PROBLEM TO WORK ON: Every line of the material is to be set down exactly as written.

INPUT FOR THIS TASK:
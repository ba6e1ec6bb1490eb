//! Purges that a server makes by itself.

ghost use Rattle.std.specs.Prelude.{false};

use crate::anchor::Doubt;
use crate::pace::Pace;
use crate::purger::{NotPurged, Purger};
use crate::reports::{Report, Reports};
use crate::sample::Sample;
use crate::server::Server;
use hub_claims::{HubError, HubName, Waiter};
use paced_stream::Deadline;
use path_hub::Hub;
use sector_dev::Device;
use server_front::Listener;
use session_clock::Now;
use std::sync::Wait;
use std::thread::sleep;
use std::time::{Clock, Duration};

/// The time in milliseconds after which it is asked again whether the server is at its end, and
/// whether a session has asked for a purge.
const NAP: u64 = 200;

/// The least rows that a purge has dropped where it is reported that these are most of them.
const LEAST_REPORTED: u64 = 2;

/// Waits for a commit until a server is at its end.
#[derive(Drop)]
struct UntilEnd<'a, 'b, L, O> {
    server: &'a Server<'b, L, O>,
    has_left: bool,
}

impl<L: Listener + Drop, O: Reports> Waiter for UntilEnd<'_, '_, L, O> {
    ghost has_left = { λ waiter. waiter.has_left };

    fn has_left(&mut self) -> bool {
        self.has_left = !self.server.is_open();
        self.has_left
    }

    fn had_left(&self) -> bool {
        self.has_left
    }

    fn note_answer(&mut self) {}
}

impl<L: Listener + Drop, O: Reports> Server<'_, L, O> {
    /// Purges what has expired after each rest, by the clock where it is trusted, until the server
    /// is at its end. A rest is the period, or shorter while purges drop many rows. There is no
    /// sender here but the purger's, so nothing else is handed in.
    pub(crate) fn purge<D: Device, N: HubName, R: Wait + Clock, C: Now + Drop, S: Now + Drop>(
        &self,
        hub: &Hub<D, N, R>,
        mut purger: Purger<'_, D, N, R, C, S>,
        period: Duration,
    ) {
        let rt = hub.handle();
        let mut pace = Pace::new(period);
        for _ in rt.forever() {
            if !self.rest(rt, &mut purger, pace.rest()) {
                break;
            }
            let rows = hub.numbers().0.rows;
            let before = self.own_purges.rows();
            let purged = self.purge_once(hub, &mut purger, pace.expects_many());
            self.note_dropped(self.own_purges.rows().saturating_sub(before), rows);
            match purged {
                Some(dropped) => pace.note(dropped),
                None => break,
            }
        }
        purger.end();
    }

    /// Purges once, in steps where many rows are expected. Before the first purge the clock is
    /// trusted by the newest timestamp of a sample, without which there is nothing to purge. The
    /// result is that of `purge_in_steps`.
    fn purge_once<D: Device, N: HubName, R: Wait + Clock, C: Now, S: Now>(
        &self,
        hub: &Hub<D, N, R>,
        purger: &mut Purger<'_, D, N, R, C, S>,
        expects_many: bool,
    ) -> Option<Option<u32>> {
        if !expects_many && purger.has_begun() {
            return self.purge_in_steps(hub, purger, None);
        }
        let sample = self.sample(hub, purger.until());
        if !purger.has_begun() {
            let Some(newest) = sample.as_ref().and_then(|sample| sample.newest()) else {
                return Some(None);
            };
            purger.begin(newest);
        }
        self.purge_in_steps(hub, purger, sample)
    }

    /// A sample of the rows, of which those have expired that expire at this moment or before.
    /// There is none where memory is refused, or what is published is older than what the hub's own
    /// reader was shown.
    fn sample<D: Device, N: HubName, R: Wait + Clock>(
        &self,
        hub: &Hub<D, N, R>,
        until: u64,
    ) -> Option<Sample> {
        let mut reader = hub.take_own_reader()?;
        let sample = Sample::of(self.alloc, &mut reader, until);
        hub.keep_own_reader(reader);
        sample.ok()
    }

    /// Purges by moments of a sample, so that each purge drops about 250 rows, and then by the
    /// clock. Returns how many rows were dropped, or `None` within where the last purge was refused
    /// or not handed in, so that rows that have expired may be left. It is `None` where the server
    /// does not go on.
    fn purge_in_steps<D: Device, N: HubName, R: Wait + Clock, C: Now, S: Now>(
        &self,
        hub: &Hub<D, N, R>,
        purger: &mut Purger<'_, D, N, R, C, S>,
        sample: Option<Sample>,
    ) -> Option<Option<u32>> {
        let mut dropped = 0u32;
        if let Some(sample) = sample {
            let stride = sample.stride(hub.numbers().0.rows);
            let mut before = 0;
            for moments in sample.moments().chunks_exact(stride) {
                let last = moments.last().copied().unwrap_or(0);
                if last > before {
                    let step = self.purge_by(purger, last)?.unwrap_or(0);
                    dropped = dropped.saturating_add(step);
                    before = last;
                }
            }
        }
        match self.purge_by(purger, u64::MAX)? {
            Some(last) => Some(Some(dropped.saturating_add(last))),
            None => Some(None),
        }
    }

    /// Hands in a purge of a moment, or of the one that is trusted where that is before it, and
    /// waits until it is answered. Returns how many rows it dropped, or `None` within where it was
    /// refused or not handed in. It is `None` where the server does not go on.
    fn purge_by<D: Device, N: HubName, R: Wait + Clock, C: Now, S: Now>(
        &self,
        purger: &mut Purger<'_, D, N, R, C, S>,
        most: u64,
    ) -> Option<Option<u32>> {
        let mut waiter = UntilEnd {
            server: self,
            has_left: false,
        };
        match purger.purge(most, &mut waiter) {
            Ok(receipt) => {
                let outcome = receipt.outcome();
                self.replies.count_outcome(outcome);
                self.own_purges.count(outcome.purged);
                self.note_trust();
                self.note_purge();
                Some(Some(outcome.purged))
            }
            Err(NotPurged::Rests(doubt)) => {
                self.note_rest(doubt);
                Some(None)
            }
            Err(NotPurged::Refused(HubError::NotAwaited)) => None,
            Err(NotPurged::Refused(error)) => {
                self.note_trust();
                self.note_no_purge(error);
                Some(None)
            }
        }
    }

    /// Waits for a period. Returns at once whether the server goes on, as soon as it does not. The
    /// purger is given the moments of the purges that sessions ask for meanwhile.
    fn rest<D: Device, N: HubName, R: Wait + Clock, C: Now, S: Now>(
        &self,
        rt: &R,
        purger: &mut Purger<'_, D, N, R, C, S>,
        period: Duration,
    ) -> bool {
        let Ok(deadline) = Deadline::after(rt, period) else {
            return false;
        };
        for _ in rt.forever() {
            if !self.is_open() {
                return false;
            }
            if let Some(until) = self.replies.take_purged_by() {
                purger.confirm(until);
            }
            match deadline.left(rt) {
                Some(left) => sleep(rt, left.min(Duration::from_millis(NAP))),
                None => return true,
            }
        }
        unreachable!()
    }

    /// A purge was committed. That is reported where the one before was refused.
    fn note_purge(&self) {
        if self.own_purges.note_refused(false) {
            self.reports.report(Report::PurgedAgain);
        }
    }

    /// A purge was refused. That is reported, unless the one before was refused, too.
    fn note_no_purge(&self, why: HubError) {
        if !self.own_purges.note_refused(true) {
            self.reports.report(Report::NotPurged(why));
        }
    }

    /// The clock was trusted. That is reported where it was not for the purge before.
    fn note_trust(&self) {
        if self.own_purges.note_resting(false) {
            self.reports.report(Report::PurgesGoOn);
        }
    }

    /// The clock was not trusted. That is reported, unless it was not for the purge before, either.
    fn note_rest(&self, doubt: Doubt) {
        if !self.own_purges.note_resting(true) {
            self.reports.report(Report::PurgesRest(doubt));
        }
    }

    /// This number of rows of this number were dropped. That is reported where they are most.
    fn note_dropped(&self, dropped: u64, rows: u64) {
        if dropped >= LEAST_REPORTED && dropped > rows / 2 {
            self.reports.report(Report::PurgedMost { dropped, rows });
        }
    }
}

WRITTEN RESPONSE:
repository ba6e1ec6bb1490eb
//! Purges that a server makes by itself.

ghost use Rattle.std.specs.Prelude.{false};

use crate::anchor::Doubt;
use crate::pace::Pace;
use crate::purger::{NotPurged, Purger};
use crate::reports::{Report, Reports};
use crate::sample::Sample;
use crate::server::Server;
use hub_claims::{HubError, HubName, Waiter};
use paced_stream::Deadline;
use path_hub::Hub;
use sector_dev::Device;
use server_front::Listener;
use session_clock::Now;
use std::sync::Wait;
use std::thread::sleep;
use std::time::{Clock, Duration};

/// The time in milliseconds after which it is asked again whether the server is at its end, and
/// whether a session has asked for a purge.
const NAP: u64 = 200;

/// The least rows that a purge has dropped where it is reported that these are most of them.
const LEAST_REPORTED: u64 = 2;

/// Waits for a commit until a server is at its end.
#[derive(Drop)]
struct UntilEnd<'a, 'b, L, O> {
    server: &'a Server<'b, L, O>,
    has_left: bool,
}

impl<L: Listener + Drop, O: Reports> Waiter for UntilEnd<'_, '_, L, O> {
    ghost has_left = { λ waiter. waiter.has_left };

    fn has_left(&mut self) -> bool {
        self.has_left = !self.server.is_open();
        self.has_left
    }

    fn had_left(&self) -> bool {
        self.has_left
    }

    fn note_answer(&mut self) {}
}

impl<L: Listener + Drop, O: Reports> Server<'_, L, O> {
    /// Purges what has expired after each rest, by the clock where it is trusted, until the server
    /// is at its end. A rest is the period, or shorter while purges drop many rows. There is no
    /// sender here but the purger's, so nothing else is handed in.
    pub(crate) fn purge<D: Device, N: HubName, R: Wait + Clock, C: Now + Drop, S: Now + Drop>(
        &self,
        hub: &Hub<D, N, R>,
        mut purger: Purger<'_, D, N, R, C, S>,
        period: Duration,
    ) {
        let rt = hub.handle();
        let mut pace = Pace::new(period);
        for _ in rt.forever() {
            if !self.rest(rt, &mut purger, pace.rest()) {
                break;
            }
            let rows = hub.numbers().0.rows;
            let before = self.own_purges.rows();
            let purged = self.purge_once(hub, &mut purger, pace.expects_many());
            self.note_dropped(self.own_purges.rows().saturating_sub(before), rows);
            match purged {
                Some(dropped) => pace.note(dropped),
                None => break,
            }
        }
        purger.end();
    }

    /// Purges once, in steps where many rows are expected. Before the first purge the clock is
    /// trusted by the newest timestamp of a sample, without which there is nothing to purge. The
    /// result is that of `purge_in_steps`.
    fn purge_once<D: Device, N: HubName, R: Wait + Clock, C: Now, S: Now>(
        &self,
        hub: &Hub<D, N, R>,
        purger: &mut Purger<'_, D, N, R, C, S>,
        expects_many: bool,
    ) -> Option<Option<u32>> {
        if !expects_many && purger.has_begun() {
            return self.purge_in_steps(hub, purger, None);
        }
        let sample = self.sample(hub, purger.until());
        if !purger.has_begun() {
            let Some(newest) = sample.as_ref().and_then(|sample| sample.newest()) else {
                return Some(None);
            };
            purger.begin(newest);
        }
        self.purge_in_steps(hub, purger, sample)
    }

    /// A sample of the rows, of which those have expired that expire at this moment or before.
    /// There is none where memory is refused, or what is published is older than what the hub's own
    /// reader was shown.
    fn sample<D: Device, N: HubName, R: Wait + Clock>(
        &self,
        hub: &Hub<D, N, R>,
        until: u64,
    ) -> Option<Sample> {
        let mut reader = hub.take_own_reader()?;
        let sample = Sample::of(self.alloc, &mut reader, until);
        hub.keep_own_reader(reader);
        sample.ok()
    }

    /// Purges by moments of a sample, so that each purge drops about 250 rows, and then by the
    /// clock. Returns how many rows were dropped, or `None` within where the last purge was refused
    /// or not handed in, so that rows that have expired may be left. It is `None` where the server
    /// does not go on.
    fn purge_in_steps<D: Device, N: HubName, R: Wait + Clock, C: Now, S: Now>(
        &self,
        hub: &Hub<D, N, R>,
        purger: &mut Purger<'_, D, N, R, C, S>,
        sample: Option<Sample>,
    ) -> Option<Option<u32>> {
        let mut dropped = 0u32;
        if let Some(sample) = sample {
            let stride = sample.stride(hub.numbers().0.rows);
            let mut before = 0;
            for moments in sample.moments().chunks_exact(stride) {
                let last = moments.last().copied().unwrap_or(0);
                if last > before {
                    let step = self.purge_by(purger, last)?.unwrap_or(0);
                    dropped = dropped.saturating_add(step);
                    before = last;
                }
            }
        }
        match self.purge_by(purger, u64::MAX)? {
            Some(last) => Some(Some(dropped.saturating_add(last))),
            None => Some(None),
        }
    }

    /// Hands in a purge of a moment, or of the one that is trusted where that is before it, and
    /// waits until it is answered. Returns how many rows it dropped, or `None` within where it was
    /// refused or not handed in. It is `None` where the server does not go on.
    fn purge_by<D: Device, N: HubName, R: Wait + Clock, C: Now, S: Now>(
        &self,
        purger: &mut Purger<'_, D, N, R, C, S>,
        most: u64,
    ) -> Option<Option<u32>> {
        let mut waiter = UntilEnd {
            server: self,
            has_left: false,
        };
        match purger.purge(most, &mut waiter) {
            Ok(receipt) => {
                let outcome = receipt.outcome();
                self.replies.count_outcome(outcome);
                self.own_purges.count(outcome.purged);
                self.note_trust();
                self.note_purge();
                Some(Some(outcome.purged))
            }
            Err(NotPurged::Rests(doubt)) => {
                self.note_rest(doubt);
                Some(None)
            }
            Err(NotPurged::Refused(HubError::NotAwaited)) => None,
            Err(NotPurged::Refused(error)) => {
                self.note_trust();
                self.note_no_purge(error);
                Some(None)
            }
        }
    }

    /// Waits for a period. Returns at once whether the server goes on, as soon as it does not. The
    /// purger is given the moments of the purges that sessions ask for meanwhile.
    fn rest<D: Device, N: HubName, R: Wait + Clock, C: Now, S: Now>(
        &self,
        rt: &R,
        purger: &mut Purger<'_, D, N, R, C, S>,
        period: Duration,
    ) -> bool {
        let Ok(deadline) = Deadline::after(rt, period) else {
            return false;
        };
        for _ in rt.forever() {
            if !self.is_open() {
                return false;
            }
            if let Some(until) = self.replies.take_purged_by() {
                purger.confirm(until);
            }
            match deadline.left(rt) {
                Some(left) => sleep(rt, left.min(Duration::from_millis(NAP))),
                None => return true,
            }
        }
        unreachable!()
    }

    /// A purge was committed. That is reported where the one before was refused.
    fn note_purge(&self) {
        if self.own_purges.note_refused(false) {
            self.reports.report(Report::PurgedAgain);
        }
    }

    /// A purge was refused. That is reported, unless the one before was refused, too.
    fn note_no_purge(&self, why: HubError) {
        if !self.own_purges.note_refused(true) {
            self.reports.report(Report::NotPurged(why));
        }
    }

    /// The clock was trusted. That is reported where it was not for the purge before.
    fn note_trust(&self) {
        if self.own_purges.note_resting(false) {
            self.reports.report(Report::PurgesGoOn);
        }
    }

    /// The clock was not trusted. That is reported, unless it was not for the purge before, either.
    fn note_rest(&self, doubt: Doubt) {
        if !self.own_purges.note_resting(true) {
            self.reports.report(Report::PurgesRest(doubt));
        }
    }

    /// This number of rows of this number were dropped. That is reported where they are most.
    fn note_dropped(&self, dropped: u64, rows: u64) {
        if dropped >= LEAST_REPORTED && dropped > rows / 2 {
            self.reports.report(Report::PurgedMost { dropped, rows });
        }
    }
}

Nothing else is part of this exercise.